意識像沉在萬丈海底的碎瓷片,時而隨著暗流翻滾,時而深深嵌入冰冷的泥沙。無數破碎的畫麵和感官碎片在黑暗中浮沉:
青銅巨棺外令人牙酸的抓撓聲…
鱷祖煞氣灌入時蝕骨的冰寒…
與葉凡初次相遇時那雙銳利中帶著探究的眼睛…
星空古路上以肉身橫渡的孤寂與星辰引力撕扯軀體的劇痛…
帝關前一次次血肉崩滅又一次次重組的非人痛楚…
還有剛才…拳頭砸在堅硬鱗片上的鈍響,長矛刺穿皮肉的撕裂感,蝕血斬煞氣與體內藥力衝突湮滅時那種燒灼靈魂的痛…
痛。
無處不在的痛。
但這一次,痛楚的源頭不再僅僅是外力造成的傷口。
一股陰寒歹毒的力量,如同跗骨之蛆,深深紮根在心脈附近,每一次心跳,都像有無數冰針在血管裡遊走、攢刺。

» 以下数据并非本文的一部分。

//! A worker, and what it may do: ask while it has no piece, and make something of the piece that it has.
//!
//! Neither type may be let go, nor may what a worker is told. So what a worker brings is handed in before anything else, each piece that
//! it is given is worked, and a worker that was given none can't ask again.

ghost use Rattle.std.specs.Prelude.{◌≡◌, ◌+◌, ◌-◌, ◌^◌, min, None, IfSome, IfNone, IfOk, IfErr};
ghost use Rattle.gate_workers.specs.declared.turn.Turn.TheVariants.{Piece};
ghost use Rattle.gate_workers.specs.Working.{Given, TakenIn, GoesHome, Leaves, Brings};

use crate::desk::Brought;
use crate::hall::{Hall, attend};
use crate::{Bench, Gate, Turn};
use std::alloc::Global;
use std::sync::Wait;

/// A worker with no piece: its number, how often it has passed the gate, what it brings, and whether it looked for a piece in vain.
pub(crate) struct Idle<B: Bench> {
    number: u32,
    turns: u64,
    brought: Brought<B::Made>,
    tired: bool,
}

/// A worker with a piece.
pub(crate) struct Busy<B: Bench> {
    number: u32,
    turns: u64,
    piece: B::Piece,
}

/// What a worker is told at the desk, or nothing where the bench was stopped. It may not be let go, and nobody but the worker takes it
/// apart: so a piece reaches the worker that it was given to.
pub(crate) struct Due<P> {
    turn: Option<Turn<P>>,
}

impl<P> Due<P> {
    /// What is told.
    pub(crate) fn of(turn: Option<Turn<P>>) -> Due<P>
        ensures { result.turn ≡ turn }
    {
        Due { turn }
    }

    /// What is told, to be looked at.
    pub(crate) fn told(&self) -> &Option<Turn<P>>
        ensures { result.now ≡ self.now.turn }
    {
        &self.turn
    }
}

impl<B: Bench> Idle<B> {
    /// The worker of this number, before its first turn.
    pub(crate) fn new(number: u32) -> Idle<B>
        ensures number { result.number ≡ number }
        ensures turns { result.turns ≡ 0 }
        ensures brought { result.brought ≡ None }
    {
        Idle {
            number,
            turns: 0,
            brought: None,
            tired: false,
        }
    }

    /// One turn at the desk: a piece, or a pause after which it may ask again, or nothing any more.
    fn visit<R: Wait>(self, rt: &R, hall: &Hall<B>) -> Option<Result<Busy<B>, Idle<B>>>
        ensures same { IfSome result (λ r. IfOk r (λ b. (b.number ≡ self.number) × (b.turns ≡ self.turns))) }
        ensures given { IfSome result (λ r. IfOk r (λ b. Given B.gives b.number (Piece b.piece))) }
        ensures paused { IfSome result (λ r. IfErr r
            (λ i. (i.number ≡ self.number) × (i.turns ≡ self.turns) × (i.brought ≡ None))) }
        ensures taken_in { IfSome result (λ _. TakenIn B.takes_in self.number self.brought) }
        ensures home { IfNone result (Leaves B.takes_in B.gives B.halts self.number self.brought) }
    {
        let Idle {
            number,
            turns,
            brought,
            tired,
        } = self;
        let (Due { turn }, tired) = attend(rt, hall, number, brought, tired);
        match turn {
            Some(Turn::Piece(piece)) => Some(Ok(Busy {
                number,
                turns,
                piece,
            })),
            Some(Turn::Pause) => Some(Err(Idle {
                number,
                turns,
                brought: None,
                tired,
            })),
            Some(Turn::Over) | None => None,
        }
    }

    /// Asks again after each pause, until there is a piece; or there will be none any more.
    fn wait<R: Wait>(self, rt: &R, hall: &Hall<B>) -> Option<Busy<B>>
        ensures same { IfSome result (λ b. (b.number ≡ self.number) × (b.turns ≡ self.turns)) }
        ensures given { IfSome result (λ b. Given B.gives b.number (Piece b.piece)) }
        ensures home { IfNone result (GoesHome B.gives B.halts self.number) }
    {
        let mut idle = self;
        for _ in rt.forever() {
            match idle.visit(rt, hall)? {
                Ok(busy) => return Some(busy),
                Err(paused) => idle = paused,
            }
        }
        unreachable!()
    }

    /// Hands in what is brought, and waits for a piece; or there will be none any more.
    pub(crate) fn ask<R: Wait>(self, rt: &R, hall: &Hall<B>) -> Option<Busy<B>>
        ensures same { IfSome result (λ b. (b.number ≡ self.number) × (b.turns ≡ self.turns)) }
        ensures given { IfSome result (λ b. Given B.gives b.number (Piece b.piece)) }
        ensures taken_in { IfSome result (λ _. TakenIn B.takes_in self.number self.brought) }
        ensures home { IfNone result (Leaves B.takes_in B.gives B.halts self.number self.brought) }
    {
        match self.visit(rt, hall)? {
            Ok(busy) => Some(busy),
            Err(paused) => paused.wait(rt, hall),
        }
    }
}

impl<B: Bench> Busy<B> {
    /// Passes the gate, and works the piece.
    pub(crate) fn make<G: Gate>(self, alloc: Global, tool: &B::Tool, gate: &G) -> Idle<B>
        ensures number { result.number ≡ self.number }
        ensures turns { result.turns ≡ min (self.turns + 1) (2 ^ 64 - 1) }
        ensures passed { G.passes gate.now self.number self.turns }
        ensures made { Brings (B.makes tool.now self.piece) result.brought }
    {
        let Busy {
            number,
            turns,
            piece,
        } = self;
        gate.between(number, turns);
        Idle {
            number,
            turns: next_turn(turns),
            brought: Some(B::work(alloc, tool, piece)),
            tired: false,
        }
    }
}

/// The number of the turn after this one.
fn next_turn(turn: u64) -> u64
    ensures { result ≡ min (turn + 1) (2 ^ 64 - 1) }
{
    turn.saturating_add(1)
}
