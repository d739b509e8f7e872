//! What workers share.

ghost use Rattle.std.specs.Prelude.{◌≡◌, ℕ, IfOk, OnErr};
ghost use Rattle.gate_workers.specs.declared.turn.Turn.{Turn};

use crate::Turn;
use std::alloc::{AllocError, Global};

/// Hands out pieces of work, and takes in what was made of them. It stands behind a lock, and only `work` is called without it.
///
/// Each bench says by relations what its calls do. After want of memory it is as it was.
pub trait Bench: Send + Drop {
    /// What is handed out.
    type Piece: Send + Drop;
    /// What is made of a piece.
    type Made: Send + Drop;
    /// What all workers look at while they work.
    type Tool: Sync;

    /// What may be made of a piece with a tool.
    ghost makes: { Self.Tool → Self.Piece → Self.Made → Type 0 };

    /// What the bench may answer a worker, and the bench afterwards.
    ghost gives: { Self → ℕ → Turn Self.Piece → Self → Type 0 };

    /// The bench after a worker handed something in.
    ghost takes_in: { Self → ℕ → Self.Made → Self → Type 0 };

    /// The bench after it was stopped.
    ghost halts: { Self → Self → Type 0 };

    /// Asks what a worker is to do.
    fn turn(&mut self, worker: u32) -> Result<Turn<Self::Piece>, AllocError>
        ensures ok { IfOk result (λ turn. gives self.old worker turn self.new) }
        ensures err { OnErr result (self.new ≡ self.old) };

    /// Works a piece, with no bench in hand.
    fn work(alloc: Global, tool: &Self::Tool, piece: Self::Piece) -> Result<Self::Made, AllocError>
        ensures { IfOk result (λ made. makes tool.now piece made) };

    /// Takes in what a worker made.
    fn hand_in(&mut self, worker: u32, made: Self::Made) -> Result<(), AllocError>
        ensures ok { IfOk result (λ _. takes_in self.old worker made self.new) }
        ensures err { OnErr result (self.new ≡ self.old) };

    /// Lets all work end, since a worker met want of memory. Takes none.
    fn stop(&mut self)
        ensures { halts self.old self.new };

    /// How many sleeping workers are worth waking after a booking: as many as there are pieces that turns would hand out now. Where a
    /// bench doesn't say, all are woken. Nothing else rests on the answer.
    fn spare(&self) -> u32 {
        u32::MAX
    }
}
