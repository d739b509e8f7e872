//! Whose move is next, and who waits.

ghost use Rattle.std.specs.Prelude.{OnOk};
ghost use Rattle.newest_runs.specs.Moving.{Takes, GoesOn};

use interleave_core::Stepped;
use std::alloc::AllocError;

/// The ticket that moves, and those that wait.
#[derive(Drop)]
pub(crate) struct Turn {
    /// The ticket that moves next; none behind the answer.
    pub(crate) ticket: Option<u32>,
    /// The tickets of the right questions that wait, the newest last.
    pub(crate) waiting: Vec<u32>,
}

/// The newest ticket that waits goes on.
fn take_waiting(turn: &mut Turn)
    ensures { Takes turn.old turn.new }
{
    match turn.waiting.pop() {
        Some(ticket) => turn.ticket = Some(ticket),
        None => {}
    }
}

/// Goes on behind a step of the ticket that moves.
pub(crate) fn go_on(turn: &mut Turn, stepped: Stepped) -> Result<(), AllocError>
    ensures { OnOk result (GoesOn stepped turn.old turn.new) }
{
    match stepped {
        Stepped::Went | Stepped::Joined(_, _) => {}
        Stepped::Forked(right) => turn.waiting.push(right)?,
        Stepped::Kept => take_waiting(turn),
        Stepped::Answered(_) => turn.ticket = None,
    }
    Ok(())
}
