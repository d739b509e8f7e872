//! What a bench answers a worker.

/// What a worker is told to do.
#[derive(Drop)]
pub enum Turn<P> {
    /// To work this piece.
    Piece(P),
    /// To ask again after the next booking.
    Pause,
    /// To go home.
    Over,
}
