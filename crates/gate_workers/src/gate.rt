//! What stands between a worker and its piece.

ghost use Rattle.std.specs.Prelude.{ℕ};

/// What a worker passes while it has a piece and not the lock. It sees neither the bench nor the piece.
pub trait Gate: Sync {
    /// What is known once a worker has passed for its turn of that number. A gate need not say anything.
    ghost passes: { Self → ℕ → ℕ → Type 0 } = { λ _ _ _. Unit {0} };

    /// Called before each piece is worked. `turn` is how often this worker has passed before, up to 18446744073709551615, where it stays.
    fn between(&self, worker: u32, turn: u64)
        ensures { passes self.now worker turn };
}

/// A gate that does nothing.
#[derive(Clone, Copy)]
pub struct OpenGate;

impl Gate for OpenGate {
    fn between(&self, _worker: u32, _turn: u64) {}
}
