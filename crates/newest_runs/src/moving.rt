//! One move of a run.

ghost use Rattle.std.specs.Prelude.{[], ◌∷◌, ◌++◌, ◌≡◌, ◌<◌, suc, Some, OnOk};
ghost use Rattle.pcf_values.specs.Most.{most_budget};
ghost use Rattle.interleave_laws.specs.Runs.{Runs};
ghost use Rattle.newest_core.specs.Processor.{newest};
ghost use Rattle.newest_runs.specs.Moving.{IsMoved};

use crate::turn::{Turn, go_on};
use interleave_core::Core;
use net_build::Net;
use std::alloc::AllocError;

/// A state of a run, whose move is next, and how many moves were made.
#[derive(Drop)]
pub(crate) struct Moving {
    pub(crate) core: Core,
    pub(crate) turn: Turn,
    pub(crate) moves: u32,
}

/// Makes the move of the ticket whose turn it is.
pub(crate) fn make_move(moving: &mut Moving, net: &Net, ticket: u32) -> Result<(), AllocError>
    requires runs { Runs net.now }
    requires moved { IsMoved net.now moving.old.core moving.old.turn moving.old.moves }
    requires next { moving.old.turn.ticket ≡ Some ticket }
    requires room { moving.old.moves < most_budget }
    ensures moved { OnOk result (IsMoved net.now moving.new.core moving.new.turn moving.new.moves) }
    ensures moves { OnOk result (moving.new.moves ≡ suc moving.old.moves) }
    ensures fires { OnOk result (newest net.now (suc moving.old.moves) ≡ newest net.now moving.old.moves ++ ticket ∷ []) }
{
    let stepped = moving.core.step(net, ticket)?;
    moving.moves += 1;
    go_on(&mut moving.turn, stepped)?;
    Ok(())
}
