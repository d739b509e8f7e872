//! The workers, each in its loop.

ghost use Rattle.std.specs.Prelude.{◌≡◌, ◌<◌, ◌≤◌, ◌+◌, ◌-◌};
ghost use Rattle.gate_workers.specs.Working.{GoesHome, AllGoHome};

use crate::hall::Hall;
use crate::worker::Idle;
use crate::{Bench, Gate};
use std::alloc::Global;
use std::sync::Wait;
use std::thread::{Threads, join};

/// Runs the workers 0, 1 and so on, so many of them, until each is over, and gives the bench back. Each of them was told by a bench that
/// all is over, or a bench was stopped.
///
/// Each worker goes round and round: under the lock it hands in what it made and asks for its turn; with a piece it lets the lock go,
/// passes the gate and works. While told to pause it sleeps until something is booked or the bench is stopped, and is woken for a piece
/// alone as far as the bench says how many there are. Where a call of the bench answers want of memory, that worker stops the bench
/// and is over. The workers run in threads of their own as far as threads can be had.
pub fn drive<R: Threads + Wait + Sync, B: Bench, G: Gate>(
    rt: &R,
    alloc: Global,
    bench: B,
    tool: &B::Tool,
    workers: u32,
    gate: &G,
) -> B
    requires { 1 ≤ workers }
    ensures { AllGoHome B.gives B.halts 0 workers }
{
    let hall = Hall::over(bench);
    work_from(rt, alloc, &hall, tool, gate, 0, workers);
    hall.into_bench()
}

/// Runs the workers from the one number to below the other, the halves of them side by side.
fn work_from<R: Threads + Wait + Sync, B: Bench, G: Gate>(
    rt: &R,
    alloc: Global,
    hall: &Hall<B>,
    tool: &B::Tool,
    gate: &G,
    from: u32,
    to: u32,
)
    requires { from < to }
    ensures { AllGoHome B.gives B.halts from to }
{
    if to - from == 1 {
        work_as(rt, alloc, hall, tool, gate, Idle::new(from));
        return;
    }
    let middle = from + (to - from) / 2;
    join(
        rt,
        || -> ()
            requires { from < middle }
            ensures { AllGoHome B.gives B.halts from middle }
        { work_from(rt, alloc, hall, tool, gate, from, middle) },
        || -> ()
            requires { middle < to }
            ensures { AllGoHome B.gives B.halts middle to }
        { work_from(rt, alloc, hall, tool, gate, middle, to) },
    );
}

/// Lets one worker ask, pass the gate and work, until there is no piece for it any more.
fn work_as<R: Wait, B: Bench, G: Gate>(
    rt: &R,
    alloc: Global,
    hall: &Hall<B>,
    tool: &B::Tool,
    gate: &G,
    worker: Idle<B>,
)
    ensures { GoesHome B.gives B.halts worker.number }
{
    let mut idle = worker;
    for _ in rt.forever() {
        let Some(busy) = idle.ask(rt, hall) else {
            return;
        };
        idle = busy.make(alloc, tool, gate);
    }
    unreachable!()
}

另一股暗紅色的煞氣則盤踞在右臂幾乎焦黑的傷口處,與筋骨愈合膏殘留的清涼藥性、氣血恢複藥劑燃燒後的餘燼,以及他自身瘋狂壓榨出的生命潛能,進行著永無休止的拉鋸戰。
冰火兩重天。
軀體的本能想要昏睡,想要徹底沉入那無痛無覺的黑暗深處。
但另一股更原始、更蠻橫的意誌,在抗拒。
那意誌沒有聲音,沒有形態,它隻是…存在著。如同一塊被億萬次鍛打後沉入深海的玄鐵,冰冷,沉重,頑固得令人絕望。
不。
不能睡。
睡了…就真的死了。
模糊中,伍小滿“感覺”到了自己的身體。
不是視覺,不是觸覺,是一種更深層的、屬於體修在無數次瀕死邊緣掙紮後,被動喚醒的“內視”——並非修士神識掃視那般清晰入微,更像是一個盲人在觸摸自己千瘡百孔的身軀。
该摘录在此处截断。